Personally I think using DP to solve this qn is overkill. The solution I derived was n-1+n*(m-1) where n-1 are the cuts needed to cut up to form the columns and (n*m-1) are the cuts need to cut up each columnns into squares.
With further simplification, one get mn-1.
--Roticv 01:49, 5 Dec 2005 (EST)
It might be, but only in retrospect. It took me about 30 seconds to come up with the DP solution, and about another few minutes to code it fro scratch, without any need for proofs or anything, so that's what I did..
Larry 03:44, 5 Dec 2005 (EST)
Heh, "When you have a hammer, every problem looks like a nail." ;)
It is clear that one way of cutting it is to cut into columns and then each into rows (n - 1 + n(m - 1) as Roticv said), but it requires proof that however you cut it, you'll always take mn - 1 steps.
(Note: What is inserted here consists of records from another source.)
//! The trial cases: what a chip must show after what is sent to it.
//!
//! What it promises: the table is the one of the definitions, and by the definitions each of its rows is right, computed by the
//! checker; a test runs the same rows through the chip.
#![tactic(auto)]

ghost use Rattle.std.specs.Prelude.{◌≡◌, length, slice_get};
ghost use Rattle.std.specs.Option.{option_map};
ghost use Rattle.chip_trial.specs.Cases.{row_of};
ghost use Rattle.chip_trial.specs.Table.{table};
ghost use Rattle.chip_trial.specs.Laws.{TableRight};

mod sessions;
#[cfg(test)]
mod tests;

pub use datasheet::Part;
use sessions::*;

/// What HOLD does in a session.
#[derive(Clone, Copy, Debug, PartialEq, Eq)]
pub enum Hold {
    /// It stays high.
    High,
    /// Behind so many bits these samples are put, in which it falls and is let go.
    Amid {
        behind: usize,
        samples: &'static [u8],
    },
    /// It is low when CS falls with SCK low, and is let go with SCK high.
    LowAtTheStart,
}

/// A session put to the pins in SPI mode 0: the first `bits` bits of the bytes, and what HOLD does in it.
#[derive(Clone, Copy, Debug, PartialEq, Eq)]
pub struct TrialSession {
    pub bytes: &'static [u8],
    pub bits: usize,
    pub hold: Hold,
}

/// A byte that the chip must have put into a cell.
#[derive(Clone, Copy, Debug, PartialEq, Eq)]
pub struct Change {
    pub cell: usize,
    pub byte: u8,
}

/// A row at the pins: the part, powered over a memory of zeros with these stored bits; the sessions that are sent to it first;
/// the last session, and the bytes that must be read in it; and the cells that must have changed then.
#[derive(Clone, Copy, Debug, PartialEq, Eq)]
pub struct PinCase {
    pub part: Part,
    pub stored: u8,
    pub before: &'static [TrialSession],
    pub last: TrialSession,
    pub seen: &'static [u8],
    pub changed: &'static [Change],
}

/// WREN, WRSR 8Ch, RDSR: the latch stays on an MB85RS64VY
const LATCH_KEPT: PinCase = PinCase {
    part: Part::Mb85rs64vy,
    stored: 0,
    before: &[WREN, WRSR_8C],
    last: RDSR,
    seen: &[0xFF, 0x8E],
    changed: &[],
};

/// and falls on an MB85RS256B
const LATCH_DROPPED: PinCase = PinCase {
    part: Part::Mb85rs256b,
    stored: 0,
    before: &[WREN, WRSR_8C],
    last: RDSR,
    seen: &[0xFF, 0x8C],
    changed: &[],
};

/// WRITE of two bytes at the last cell: the second goes to cell 0
const ROLLS_OVER: PinCase = PinCase {
    part: Part::Mb85rs64vy,
    stored: 0,
    before: &[WREN, WRITE_AT_THE_END],
    last: READ_AT_THE_END,
    seen: &[0xFF, 0xFF, 0xFF, 0xAA, 0xBB],
    changed: &[
        Change {
            cell: 0x1FFF,
            byte: 0xAA,
        },
        Change {
            cell: 0,
            byte: 0xBB,
        },
    ],
};

/// WRITE across the edge of a protected quarter: the cell behind the edge is unchanged
const PROTECTED_EDGE: PinCase = PinCase {
    part: Part::Mb85rs64vy,
    stored: 0x04,
    before: &[WREN, WRITE_AT_THE_EDGE],
    last: READ_AT_THE_EDGE,
    seen: &[0xFF, 0xFF, 0xFF, 0xAA, 0],
    changed: &[Change {
        cell: 0x17FF,
        byte: 0xAA,
    }],
};

/// fifteen data bits change one cell
const FIFTEEN_BITS: PinCase = PinCase {
    part: Part::Mb85rs64vy,
    stored: 0,
    before: &[WREN, WRITE_FIFTEEN_BITS],
    last: READ_TWO,
    seen: &[0xFF, 0xFF, 0xFF, 0xAA, 0],
    changed: &[Change {
        cell: 0x0010,
        byte: 0xAA,
    }],
};

/// seven bits of WREN leave the latch 0
const SEVEN_BITS: PinCase = PinCase {
    part: Part::Mb85rs64vy,
    stored: 0,
    before: &[WREN_SEVEN_BITS],
    last: RDSR,
    seen: &[0xFF, 0x00],
    changed: &[],
};

/// SLEEP with nine bits does not sleep
const NINE_BITS: PinCase = PinCase {
    part: Part::Mb85rs64vy,
    stored: 0,
    before: &[SLEEP_NINE_BITS],
    last: RDSR,
    seen: &[0xFF, 0x00],
    changed: &[],
};

/// asleep, RDSR answers FF FF
const ASLEEP: PinCase = PinCase {
    part: Part::Mb85rs64vy,
    stored: 0,
    before: &[SLEEP],
    last: RDSR,
    seen: &[0xFF, 0xFF],
    changed: &[],
};

/// a second RDSR answers FF 00
const AWAKE_AGAIN: PinCase = PinCase {
    part: Part::Mb85rs64vy,
    stored: 0,
    before: &[SLEEP, RDSR],
    last: RDSR,
    seen: &[0xFF, 0x00],
    changed: &[],
};

/// HOLD let go at the other level of SCK inside an op-code: WREN does not set the latch
const LET_GO_IN_OP_CODE: PinCase = PinCase {
    part: Part::Mb85rs64vy,
    stored: 0,
    before: &[WREN_LET_GO],
    last: RDSR,
    seen: &[0xFF, 0x00],
    changed: &[],
};

/// inside an address: WRITE writes nothing
const LET_GO_IN_ADDRESS: PinCase = PinCase {
    part: Part::Mb85rs64vy,
    stored: 0,
    before: &[WREN, WRITE_LET_GO_IN_ADDRESS],
    last: READ_TWO,
    seen: &[0xFF, 0xFF, 0xFF, 0, 0],
    changed: &[],
};

/// inside the second data byte of WRITE: the first stands, and the second is not written
const LET_GO_IN_DATA: PinCase = PinCase {
    part: Part::Mb85rs64vy,
    stored: 0,
    before: &[WREN, WRITE_LET_GO_IN_DATA],
    last: READ_TWO,
    seen: &[0xFF, 0xFF, 0xFF, 0xAA, 0],
    changed: &[Change {
        cell: 0x0010,
        byte: 0xAA,
    }],
};

/// while RDSR shows the status: SO is high-Z from there on
const LET_GO_IN_STATUS: PinCase = PinCase {
    part: Part::Mb85rs64vy,
    stored: 0,
    before: &[WREN],
    last: RDSR_LET_GO_IN_STATUS,
    seen: &[0xFF, 0x0F],
    changed: &[],
};

/// behind the eight bits of SLEEP: the chip does not sleep
const LET_GO_BEHIND_SLEEP: PinCase = PinCase {
    part: Part::Mb85rs64vy,
    stored: 0,
    before: &[SLEEP_LET_GO],
    last: RDSR,
    seen: &[0xFF, 0x00],
    changed: &[],
};

/// in a session that began asleep: its end wakes the chip
const LET_GO_ASLEEP: PinCase = PinCase {
    part: Part::Mb85rs64vy,
    stored: 0,
    before: &[SLEEP, RDSR_LET_GO_IN_OP_CODE],
    last: RDSR,
    seen: &[0xFF, 0x00],
    changed: &[],
};

/// behind a WRSR on an MB85RS256B: the byte is stored, and the latch stays
const LET_GO_BEHIND_WRSR: PinCase = PinCase {
    part: Part::Mb85rs256b,
    stored: 0,
    before: &[WREN, WRSR_8C_LET_GO],
    last: RDSR,
    seen: &[0xFF, 0x8E],
    changed: &[],
};

/// HOLD low when CS falls, and let go at the other level of SCK: WREN does not set the latch
const LOW_WHEN_CS_FALLS: PinCase = PinCase {
    part: Part::Mb85rs64vy,
    stored: 0,
    before: &[WREN_LOW_AT_THE_START],
    last: RDSR,
    seen: &[0xFF, 0x00],
    changed: &[],
};

/// HOLD falls in the sample of a rise and is let go with SCK low: WREN does not set the latch
const LET_GO_LOW: PinCase = PinCase {
    part: Part::Mb85rs64vy,
    stored: 0,
    before: &[WREN_LET_GO_LOW],
    last: RDSR,
    seen: &[0xFF, 0x00],
    changed: &[],
};

/// HOLD falls in the sample of a rise, SCK moves meanwhile, and HOLD is released at the level of its fall: WREN sets the latch
const HELD_AND_RELEASED: PinCase = PinCase {
    part: Part::Mb85rs64vy,
    stored: 0,
    before: &[WREN_HELD],
    last: RDSR,
    seen: &[0xFF, 0x02],
    changed: &[],
};

/// CS rises in the sample that lets HOLD go at the other level, behind the eight bits of SLEEP: the session ends as ever, and the
/// chip sleeps
const CS_RISES_AT_RELEASE: PinCase = PinCase {
    part: Part::Mb85rs64vy,
    stored: 0,
    before: &[SLEEP_ENDED_AT_RELEASE],
    last: RDSR,
    seen: &[0xFF, 0xFF],
    changed: &[],
};

/// inside the second data byte of a WRITE on an MB85RS256B: the first stands, and the latch stays
const LET_GO_IN_WRITE: PinCase = PinCase {
    part: Part::Mb85rs256b,
    stored: 0,
    before: &[WREN, WRITE_LET_GO_IN_DATA],
    last: RDSR,
    seen: &[0xFF, 0x02],
    changed: &[Change {
        cell: 0x0010,
        byte: 0xAA,
    }],
};

/// A row of a window: a window of `count` cells from `offset` on, over plain memory of so many cells, and the size that it
/// must have.
#[derive(Clone, Copy, Debug, PartialEq, Eq)]
pub struct WindowCase {
    pub cells: usize,
    pub offset: usize,
    pub count: usize,
    pub size: usize,
}

/// three cells are left behind cell 5 of eight
const THREE_LEFT: WindowCase = WindowCase {
    cells: 8,
    offset: 5,
    count: 10,
    size: 3,
};

/// none is left behind the last
const NONE_LEFT: WindowCase = WindowCase {
    cells: 8,
    offset: 8,
    count: 10,
    size: 0,
};

/// A row of the table.
#[derive(Clone, Copy, Debug, PartialEq, Eq)]
pub enum Case {
    Pins(PinCase),
    Window(WindowCase),
}

/// How many rows the table has. By the definitions the chip of each row shows and keeps, or its window has, what the row says.
#[tactic(auto, using(crate::proofs::Table::table_right))]
pub fn case_count() -> usize
    ensures count { result ≡ length table }
    ensures law { TableRight }
{
    23
}

/// Row `i` of the table, from 0; none behind the last.
pub fn case_at(i: usize) -> Option<Case>
    ensures { option_map row_of result ≡ slice_get table i }
{
    // not a table read by `get`: its goal is one over all rows at once, which the check does not compute
    match i {
        0 => Some(Case::Pins(LATCH_KEPT)),
        1 => Some(Case::Pins(LATCH_DROPPED)),
        2 => Some(Case::Pins(ROLLS_OVER)),
        3 => Some(Case::Pins(PROTECTED_EDGE)),
        4 => Some(Case::Pins(FIFTEEN_BITS)),
        5 => Some(Case::Pins(SEVEN_BITS)),
        6 => Some(Case::Pins(NINE_BITS)),
        7 => Some(Case::Pins(ASLEEP)),
        8 => Some(Case::Pins(AWAKE_AGAIN)),
        9 => Some(Case::Pins(LET_GO_IN_OP_CODE)),
        10 => Some(Case::Pins(LET_GO_IN_ADDRESS)),
        11 => Some(Case::Pins(LET_GO_IN_DATA)),
        12 => Some(Case::Pins(LET_GO_IN_STATUS)),
        13 => Some(Case::Pins(LET_GO_BEHIND_SLEEP)),
        14 => Some(Case::Pins(LET_GO_ASLEEP)),
        15 => Some(Case::Pins(LET_GO_BEHIND_WRSR)),
        16 => Some(Case::Pins(LOW_WHEN_CS_FALLS)),
        17 => Some(Case::Pins(LET_GO_LOW)),
        18 => Some(Case::Pins(HELD_AND_RELEASED)),
        19 => Some(Case::Pins(CS_RISES_AT_RELEASE)),
        20 => Some(Case::Pins(LET_GO_IN_WRITE)),
        21 => Some(Case::Window(THREE_LEFT)),
        22 => Some(Case::Window(NONE_LEFT)),
        _ => None,
    }
}
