// The sessions of the rows.
use crate::{Hold, TrialSession};

pub(crate) const WREN: TrialSession = TrialSession {
    bytes: &[0x06],
    bits: 8,
    hold: Hold::High,
};

pub(crate) const WREN_SEVEN_BITS: TrialSession = TrialSession {
    bytes: &[0x06],
    bits: 7,
    hold: Hold::High,
};

pub(crate) const WRSR_8C: TrialSession = TrialSession {
    bytes: &[0x01, 0x8C],
    bits: 16,
    hold: Hold::High,
};

pub(crate) const RDSR: TrialSession = TrialSession {
    bytes: &[0x05, 0],
    bits: 16,
    hold: Hold::High,
};

pub(crate) const SLEEP: TrialSession = TrialSession {
    bytes: &[0xB9],
    bits: 8,
    hold: Hold::High,
};

pub(crate) const SLEEP_NINE_BITS: TrialSession = TrialSession {
    bytes: &[0xB9, 0],
    bits: 9,
    hold: Hold::High,
};

pub(crate) const WRITE_AT_THE_END: TrialSession = TrialSession {
    bytes: &[0x02, 0x1F, 0xFF, 0xAA, 0xBB],
    bits: 40,
    hold: Hold::High,
};

pub(crate) const READ_AT_THE_END: TrialSession = TrialSession {
    bytes: &[0x03, 0x1F, 0xFF, 0, 0],
    bits: 40,
    hold: Hold::High,
};

pub(crate) const WRITE_AT_THE_EDGE: TrialSession = TrialSession {
    bytes: &[0x02, 0x17, 0xFF, 0xAA, 0xBB],
    bits: 40,
    hold: Hold::High,
};

pub(crate) const READ_AT_THE_EDGE: TrialSession = TrialSession {
    bytes: &[0x03, 0x17, 0xFF, 0, 0],
    bits: 40,
    hold: Hold::High,
};

pub(crate) const WRITE_TWO: TrialSession = TrialSession {
    bytes: &[0x02, 0x00, 0x10, 0xAA, 0xBB],
    bits: 40,
    hold: Hold::High,
};

pub(crate) const WRITE_FIFTEEN_BITS: TrialSession = TrialSession {
    bits: 39,
    ..WRITE_TWO
};

pub(crate) const READ_TWO: TrialSession = TrialSession {
    bytes: &[0x03, 0x00, 0x10, 0, 0],
    bits: 40,
    hold: Hold::High,
};

/// HOLD falls with SCK low and is let go with SCK high; then SCK falls.
pub(crate) const LET_GO: &[u8] = &[0x08, 0x0A, 0x1A, 0x18];

pub(crate) const WREN_LET_GO: TrialSession = TrialSession {
    hold: Hold::Amid {
        behind: 4,
        samples: LET_GO,
    },
    ..WREN
};

pub(crate) const WREN_LOW_AT_THE_START: TrialSession = TrialSession {
    hold: Hold::LowAtTheStart,
    ..WREN
};

pub(crate) const WRSR_8C_LET_GO: TrialSession = TrialSession {
    hold: Hold::Amid {
        behind: 16,
        samples: LET_GO,
    },
    ..WRSR_8C
};

pub(crate) const RDSR_LET_GO_IN_OP_CODE: TrialSession = TrialSession {
    hold: Hold::Amid {
        behind: 4,
        samples: LET_GO,
    },
    ..RDSR
};

pub(crate) const RDSR_LET_GO_IN_STATUS: TrialSession = TrialSession {
    hold: Hold::Amid {
        behind: 12,
        samples: LET_GO,
    },
    ..RDSR
};

pub(crate) const SLEEP_LET_GO: TrialSession = TrialSession {
    hold: Hold::Amid {
        behind: 8,
        samples: LET_GO,
    },
    ..SLEEP
};

pub(crate) const WRITE_LET_GO_IN_ADDRESS: TrialSession = TrialSession {
    hold: Hold::Amid {
        behind: 16,
        samples: LET_GO,
    },
    ..WRITE_TWO
};

pub(crate) const WRITE_LET_GO_IN_DATA: TrialSession = TrialSession {
    hold: Hold::Amid {
        behind: 36,
        samples: LET_GO,
    },
    ..WRITE_TWO
};

pub(crate) const WREN_LET_GO_LOW: TrialSession = TrialSession {
    hold: Hold::Amid {
        behind: 7,
        samples: &[0x0A, 0x18],
    },
    ..WREN
};

pub(crate) const WREN_HELD: TrialSession = TrialSession {
    hold: Hold::Amid {
        behind: 4,
        samples: &[0x0A, 0x08, 0x1A, 0x18],
    },
    ..WREN
};

pub(crate) const SLEEP_ENDED_AT_RELEASE: TrialSession = TrialSession {
    hold: Hold::Amid {
        behind: 8,
        samples: &[0x08, 0x1B],
    },
    ..SLEEP
};
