// Encode with offsets in lent bytes, eight bytes a number, low byte first.
#![tactic(auto)]

ghost use Rattle.std.specs.Prelude.{length};
ghost use Rattle.list_reader.specs.Listing.{OfList, OfEach};
ghost use Rattle.encoded_bytes.specs.Stored.{Held, EncodedBytes};

use encoder::encode_listed;
use format::{Refusal, Schema};
use lent_bytes::write_offsets;

// Encode with offsets in bytes: a success stores the ends of the rows, for which there is room among the numbers; a refusal
// stores nothing. What the lent bytes held is not looked at.
pub fn encode_bytes(
    listed: Result<Schema, Refusal>,
    n: u64,
    sheet: &[u8],
    rows: &mut [u8],
    offsets: &mut [u8],
    numbers: &mut [u64],
) -> Result<(u64, u64), Refusal>
    requires of_list { OfList listed }
    requires held { Held n (length numbers.old) (length offsets.old) }
    ensures { OfEach listed (λ list. EncodedBytes list n sheet.now rows.old offsets.old
        (length numbers.old) result rows.new offsets.new) }
{
    let totals = encode_listed(listed, n, sheet, rows, numbers)?;
    write_offsets(numbers, offsets);
    Ok(totals)
}
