// The move for programs in C or Rust: plain numbers and bytes in, plain numbers out.
ghost use Rattle.std.specs.Prelude.{◌≡◌, Result as Outcome};
ghost use Rattle.moves.specs.declared.stage.Stage.{Stage as Reached};
ghost use Rattle.moves.specs.declared.refusal.MoveRefusal.{MoveRefusal};
ghost use Rattle.moves.specs.Moving.{stage, handed, move_says};
ghost use Rattle.moves.specs.Meaning.{Right};
ghost use Rattle.moves.specs.Answers.{in_numbers};

use crate::moving::move_lane;
use crate::stage::Stage;

// What a move answers. Where `refusal` is 0 the move was made, and mode, phase and length are those after it.
// Else `refusal` and `place` say why and where, and mode, phase and length are those handed over.
#[repr(C)]
#[derive(Clone, Copy)]
pub struct MoveAnswer {
    pub refusal: u32,
    pub mode: u32,
    pub place: usize,
    pub phase: u64,
    pub len: usize,
}

// The move of `move_lane`. A slice is a pointer and then a length.
#[unsafe(no_mangle)]
pub extern "C" fn zenturpa_move(
    line: &[u8],
    mode: u8,
    phase: u64,
    buffer: &mut [u8],
    len: usize,
    number: u8,
) -> MoveAnswer
    ensures answer { result ≡ in_numbers (stage mode phase len) (move_says line.now (handed (stage mode phase len) buffer.old number)).answer }
    ensures buffer { buffer.new ≡ (move_says line.now (handed (stage mode phase len) buffer.old number)).buffer }
    ensures right { (x : Outcome Reached MoveRefusal)
        × (result ≡ in_numbers (stage mode phase len) x)
        × Right line.now (handed (stage mode phase len) buffer.old number) x buffer.new }
{
    let stage = Stage {
        mode,
        phase,
        length: len,
    };
    let (refusal, place, told) = match move_lane(line, stage, buffer, number) {
        Ok(reached) => (0, 0, reached),
        Err(refusal) => (refusal.number(), refusal.place(), stage),
    };
    MoveAnswer {
        refusal: u32::from(refusal),
        mode: u32::from(told.mode),
        place,
        phase: told.phase,
        len: told.length,
    }
}
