// Why a move is refused.
ghost use Rattle.std.specs.Prelude.{◌≡◌};

use text::refusal::LineRefusal;

#[derive(Clone, Copy, PartialEq, Eq, Debug)]
pub enum MoveRefusal {
    // the text is no order and no notice, or a number in it is above its limit
    Text(LineRefusal),
    // the mode or a wagon of the lane is too large, or the lane is longer than its buffer
    NoPosition,
    // the number to carry out is this one, and not the line's
    NotAccepted(u8),
    // the number, or the one that a notice withdraws, is not in the phase
    NotInForce,
    // the mode, the top or an empty lane forbids the move
    Forbidden,
    // the lane after the move is longer than the buffer
    NoRoom,
}

impl From<LineRefusal> for MoveRefusal {
    ghost use Rattle.moves.specs.declared.refusal.MoveRefusal.{MoveRefusal};

    ghost from_gives = { λ line refusal. refusal ≡ MoveRefusal.Text line };

    fn from(line: LineRefusal) -> MoveRefusal {
        MoveRefusal::Text(line)
    }
}

impl MoveRefusal {
    ghost use Rattle.moves.specs.Refusals.{refusal_number, refusal_place};

    // The number that the refusal is told by.
    pub fn number(&self) -> u8
        ensures { result ≡ refusal_number self.now }
    {
        match self {
            MoveRefusal::Text(refusal) => refusal.number(),
            MoveRefusal::NoPosition => 9,
            MoveRefusal::NotAccepted(_) => 6,
            MoveRefusal::NotInForce => 15,
            MoveRefusal::Forbidden => 16,
            MoveRefusal::NoRoom => 17,
        }
    }

    // The byte of the text, counted from 1, or the number that is not accepted, or 0: a number in any case, as C is told it.
    pub fn place(&self) -> usize
        ensures { result ≡ refusal_place self.now }
    {
        match self {
            MoveRefusal::Text(refusal) => refusal.place(),
            MoveRefusal::NotAccepted(number) => usize::from(*number),
            MoveRefusal::NoPosition
            | MoveRefusal::NotInForce
            | MoveRefusal::Forbidden
            | MoveRefusal::NoRoom => 0,
        }
    }
}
But that can be proved without the "observe the invariant" trick that Misof used — if you came up with the idea for the DP, there is nothing more to it — $f(m,n) = \min_{1 \le k \le m-1} (1 + f(k,n) + f(m-k,n)) = \min_{1 \leq k \leq m-1} (1 + kn-1 + (m-k)n-1) = \min_{1 \leq k \leq m-1} (mn-1) = mn-1$ Aboyner 04:45, 5 Dec 2005 (EST)

Technicalities:

- Aboyner's idea of the proof is correct, but if we want it in the article, we should make it more precise, probably drop a hint about mathematical induction.

- While the formula works, it is not correctly constructed. We do not know whether the first cut will be a row cut or a column cut, thus we should loop over all possible rows and then over all possible columns. --Misof 12:42, 5 Dec 2005 (EST)